# Military presence in your city



## Manila-X (Jul 28, 2005)

In this thread I'm not talking about cities that have military bases present. Like in HK for example, there is a PLA garrison but those within the military dress in plain clothes and become civilians once they step out of the base. 

Anyway, I got this idea for creating this thread since I saw some military personel roaming around train stations when I was in NY. In other cities especially those in Israel or Latin America, you would see soldiers roaming around the streets or guarding major installations such as airports, etc. 

How about in your city?


----------



## Xpressway (Dec 2, 2006)

None in Santiago, Chile.


----------



## ChrisZwolle (May 7, 2006)

None in Zwolle, Netherlands. Let's keep it that way. Police is enough to enforce the law here.


----------



## Gid (Mar 31, 2005)

the presense of the military has become surprisingly strong throughout the island of singapore. fully armed and uniformed military personel patrol the:

*airport and seaport
*major industrial and commercial installations eg: the industrial Jurong Island, and the commercial downtown
*other civilian areas such as subway stations and bus terminals

it has become part of our lifestyle to see groups of military personel patrolling civilian areas.

it is supposed to increase our sense of security...but somehow such a sight makes me feel tense sometimes.


----------



## LordMandeep (Apr 10, 2006)

you only see super armed guys at the airport...


----------



## Jaeger (May 11, 2006)

Wellington Barracks - London


----------



## ale26 (Sep 9, 2005)

It's not uncommon to see army personnel roaming Toronto's Pearson International Airports Terminal's with large military rifles and special RCMP special forces uniforms.


----------



## Jaeger (May 11, 2006)

Knightsbridge Barracks - London


----------



## Jaeger (May 11, 2006)

Woolwich Barracks - London


----------



## gladisimo (Dec 11, 2006)

There were some national guard back in the airport a while ago. But not anymore, I don't think.

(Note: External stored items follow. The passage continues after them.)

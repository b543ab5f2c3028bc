//! Copies, where memory is there: each says the same as what it was made of, and other values do
//! not.

use cli_options::{Asked, Command, Output, command_of};
use dbus_auth::{EndStep, Mechanism, Status};
use dbus_auth_lines::{ClientLine, ServerLine};
use dbus_rule::{RuleFault, parse_rule};
use std::alloc::{AllocError, Global};
use std::test::Fail;

// Whether a copy of the value says the same, and another value does not.
fn is_copied<T: Clone + PartialEq + Drop>(value: &T, other: &T) -> Result<bool, AllocError> {
    let copy = value.clone()?;
    Ok(copy == *value && *value != *other)
}

fn client_lines(alloc: Global) -> Result<bool, AllocError> {
    let line = ClientLine::DataOf(Vec::from_slice(alloc, b"x")?);
    is_copied(&line, &ClientLine::Cancel)
}

fn server_lines(alloc: Global) -> Result<bool, AllocError> {
    let line = ServerLine::DataOf(Vec::from_slice(alloc, b"x")?);
    is_copied(&line, &ServerLine::Agree)
}

fn mechanisms(alloc: Global) -> Result<bool, AllocError> {
    let mechanism = Mechanism::Anonymous(Vec::from_slice(alloc, b"trace")?);
    is_copied(&mechanism, &Mechanism::External(Some(1000)))
}

fn steps(alloc: Global) -> Result<bool, AllocError> {
    let step = EndStep {
        taken: 3,
        send: Vec::from_slice(alloc, b"BEGIN\r\n")?,
        status: Status::Begun,
    };
    let other = EndStep {
        taken: 3,
        send: Vec::new(alloc),
        status: Status::Begun,
    };
    is_copied(&step, &other)
}

fn rules(alloc: Global) -> Result<bool, RuleFault> {
    let rule = parse_rule(alloc, "type='signal',member='X'")?;
    let other = parse_rule(alloc, "type='signal'")?;
    Ok(is_copied(&rule, &other)?)
}

fn commands(alloc: Global) -> Result<bool, AllocError> {
    let mut words = Vec::new(alloc);
    for word in ["dbus-wire", "filter", "member='X'"] {
        words.push(String::from_str(alloc, word)?)?;
    }
    match command_of(alloc, words.as_slice()) {
        Ok(Asked::Messages(request)) => {
            let selection = request.selection;
            let output = Output::Nothing;
            let other = Command {
                output,
                selection: None,
            };
            is_copied(&Command { output, selection }, &other)
        }
        _ => Ok(false),
    }
}

#[test]
fn copied(rt: HostRuntime) -> Result<(), Fail> {
    let alloc = rt.alloc();
    assert!(rt; client_lines(alloc)?);
    assert!(rt; server_lines(alloc)?);
    assert!(rt; mechanisms(alloc)?);
    assert!(rt; steps(alloc)?);
    assert!(rt; rules(alloc)?);
    assert!(rt; commands(alloc)?);
    Ok(())
}
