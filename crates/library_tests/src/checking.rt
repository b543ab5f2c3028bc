//! Checkers that begin again: after a message, and after a fault.

use dbus_check::{Check, Checker};
use dbus_value_model::{Fault, Reason};

// A reply of 24 bytes, and the first 5 bytes of another after it.
const REPLY_AND_FRONT: &[u8] =
    b"l\x02\x01\x01\0\0\0\0\x01\0\0\0\x08\0\0\0\x05\x01u\0\x01\0\0\0l\x02\x01\x01\0";

// A reply whose body is the BOOLEAN 2.
const BOOLEAN: &[u8] =
    b"l\x02\0\x01\x04\0\0\0\x01\0\0\0\x0f\0\0\0\x05\x01u\0\x01\0\0\0\x08\x01g\0\x01b\0\0\x02\0\0\0";

#[test]
fn a_checker_ends_with_a_message_until_a_restart(rt: HostRuntime) {
    let mut checker = Checker::new();
    assert!(rt; checker.take(REPLY_AND_FRONT) == Check::Done(24));
    assert!(rt; checker.take(REPLY_AND_FRONT) == Check::Done(0));
    checker.restart();
    assert!(rt; checker.take(&REPLY_AND_FRONT[24..]) == Check::Partial);
}

// The fault is answered at the piece whose byte shows it, and stays.
#[test]
fn a_fault_stays_until_a_restart(rt: HostRuntime) {
    let mut checker = Checker::new();
    let refused = Check::Refused(Fault {
        at: 32,
        reason: Reason::Bool,
    });
    for (n, piece) in BOOLEAN.chunks(1).enumerate() {
        let right = if n < 35 { Check::Partial } else { refused };
        assert!(rt; checker.take(piece) == right, "at {n}");
    }
    for piece in [BOOLEAN, REPLY_AND_FRONT, b""] {
        assert!(rt; checker.take(piece) == refused);
    }
    checker.restart();
    assert!(rt; checker.take(REPLY_AND_FRONT) == Check::Done(24));
}
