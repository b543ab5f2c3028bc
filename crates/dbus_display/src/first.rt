//! The first of several values. D-Bus Specification, "Marshaling (Wire Format)".
#![tactic(auto)]

ghost use Rattle.std.specs.Prelude.{◌≡◌, ℕ, List, MatchOption};
ghost use Rattle.dbus_value_model.specs.Values.{ValueTree, ValueTrees, NoValues, MoreValues};
ghost use Rattle.dbus_values.specs.States.{AreLeft};
ghost use Rattle.dbus_display.specs.FirstAlone.{IsFirstAlone};

use dbus_types::type_end;
use dbus_values::Values;

/// The first of the values alone, so that it can be printed: the value that `next` sees. `None` if
/// there are no values. The values stay what they are.
pub fn first_value<'a>(values: &Values<'a>) -> Option<Values<'a>>
    ensures first { (xs : ValueTrees) (rest : List ℕ) → AreLeft values.now xs rest →
        MatchOption result (xs ≡ NoValues) (λ first. IsFirstAlone xs first) }
{
    let (source, spot) = values.place();
    if spot.types.is_empty() {
        return None;
    }
    let end = type_end(spot.types, 0);
    Some(Values::new(&source, spot.at, &spot.types[..end], spot.depth_left))
}
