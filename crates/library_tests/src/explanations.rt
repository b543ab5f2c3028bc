//! The explanation of a fault that no input has, and one in JSON. All others are cases of
//! `explained.txt`.

use dbus_explain::{Refused, explain_message, write_refusal_members};
use dbus_show::StringDraft;
use dbus_value_model::{Fault, Reason};
use std::alloc::{AllocError, Global};
use std::test::Fail;

// A fault far past the bytes.
const REFUSED: Refused = Refused {
    bytes: b"l",
    fault: Fault {
        at: u64::MAX,
        reason: Reason::NotYet,
    },
    number: 1,
    offset: 0,
};

const EXPLAINED: &str = "\
\x20 message 1 at 0, byte 1: the message type
  6c []
  no input is refused for this reason
";

// A method_return whose body, a BOOLEAN, is 2.
const NO_BOOLEAN: Refused = Refused {
    bytes: b"l\x02\x01\x01\x04\0\0\0\x01\0\0\0\x0f\0\0\0\x05\x01u\0\x01\0\0\0\x08\x01g\0\x01b\0\0\x02\0\0\0",
    fault: Fault {
        at: 32,
        reason: Reason::Bool,
    },
    number: 1,
    offset: 0,
};

const MEMBERS: &str = "\
\"place\":\"body[0]\",\
\"rule\":\"a BOOLEAN is 0 or 1 (D-Bus Specification, \\\"Marshaling (Wire Format)\\\")\",\
\"header\":{\"order\":\"l\",\"type\":\"method_return\",\"flags\":1,\"serial\":1,\
\"reply_serial\":1,\"signature\":\"b\",\"fields\":[]}";

fn members(alloc: Global) -> Result<String, AllocError> {
    let mut text = String::new(alloc);
    let mut draft = StringDraft::new(&mut text);
    write_refusal_members(&mut draft, &NO_BOOLEAN);
    draft.finish()?;
    Ok(text)
}

fn explained(alloc: Global) -> Result<String, AllocError> {
    let mut text = String::new(alloc);
    let mut draft = StringDraft::new(&mut text);
    explain_message(&mut draft, &REFUSED);
    draft.finish()?;
    Ok(text)
}

#[test]
fn places_past_the_bytes(rt: HostRuntime) -> Result<(), Fail> {
    assert!(rt; explained(rt.alloc())?.as_str() == EXPLAINED);
    Ok(())
}

#[test]
fn members_of_a_refusal(rt: HostRuntime) -> Result<(), Fail> {
    assert!(rt; members(rt.alloc())?.as_str() == MEMBERS);
    Ok(())
}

Besides that, we have a huge ghost fleet of ships at suisun bay, and god knows what else.


----------



## Kevin J (Oct 4, 2003)

The US has large military bases all over the country, so if you live near one, it's not uncommon to see uniformed soldiers or sailors. In areas with a heavy military presence, it's common for businesses and tourist attractions to give discounts to military members who are in uniform. But generally speaking, the military members you see in the US are not armed, outside of those who are guarding military installations. 

It used to be almost unheard of, but after September 11, there were armed soldiers in nearly every US airport for a few months. Now you tend to see them only in certain airports if a security threat has been detected. I saw armed soldiers at LaGuardia airport in New York in May, but not at JFK airport the very next day.


----------



## Jaeger (May 11, 2006)

Artillery Fields Finsbury Barracks (Honourable Artillery Company) - City of London


----------



## DiggerD21 (Apr 22, 2004)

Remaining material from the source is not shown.